Correlation between overexpression of matrix metalloproteinase-9 with acute graft injury after small-for-size liver transplantation
10.3760/cma.j.issn.0254-1785.2010.07.006
- VernacularTitle:基质金属蛋白酶-9 与小体积移植肝早期损伤的相关性研究
- Author:
Zhenyu MA
;
Jianming QIAN
;
Yiyao CUI
;
Qianwei WANG
;
Fangrui WANG
- Publication Type:Journal Article
- Keywords:
Matrix Metalloproteinase 9;
Liver transplantation;
Reperfusion injury
- From:
Chinese Journal of Organ Transplantation
2010;31(7):400-404
- CountryChina
- Language:Chinese
-
Abstract:
Objective Portal hypertension and ischemia/reperfusion (I/R) have been implicated in small-for-size liver graft dysfunction.
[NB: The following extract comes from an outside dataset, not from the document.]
//! Fat steps as text for people: a line for each, with symbols by name.
#![tactic(auto)]

mod line;
mod words;

pub use line::{function_line, step_line};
Matrix metalloproteinases-2 (MMP-2) and MMP-9 are critically involved in hepatic I/R injury. The goal of this study was to investigate the role of MMP-2 and MMP-9 in acute small-for-size graft injury. Methods 108 rats were divided into three groups:100 % (full-size), 50 % (half-size) and 25 % (quarter-size) liver transplantation groups. Blood and liver samples were collected to assess liver function, hepatic malondialdehyde (MDA) content, tissue myeloperoxidase (MPO) activity and histological changes. ELISA, real-time PCR, gelatin zymography, and immunohistochemistry were used to determine the expression pattern of MMP-2 and MMP-9 in liver grafts. Results The expression levels of MMP-9 were significantly higher in quarter-size and half-size grafts than those in full-size liver grafts 6, 12, and 24 h after reperfusioa And theelevated levels of MMP-9 were related to graft size inversely. However, MMP-2 was expressed and remained in all groups invariably. MMP-9 overexpression was accompanied by extensive liver I/R injury, as evidenced by significant increases in hepatic microscopic damage scores, MDA content,MPO activity and liver function levels. Furthermore, MMP-9 was found mainly to locate around periportal area. The presence of the active form of MMP-9 was significantly higher in small-for-size grafts, which was correlated with sinusoidal dilatation, congestion and hemorrhage. Conclusion These results support critical function of MMP-9 in acute small-for-size liver graft injury. Moreover,portal hypertension may be a crucial trigger for expression and activation of MMP-9.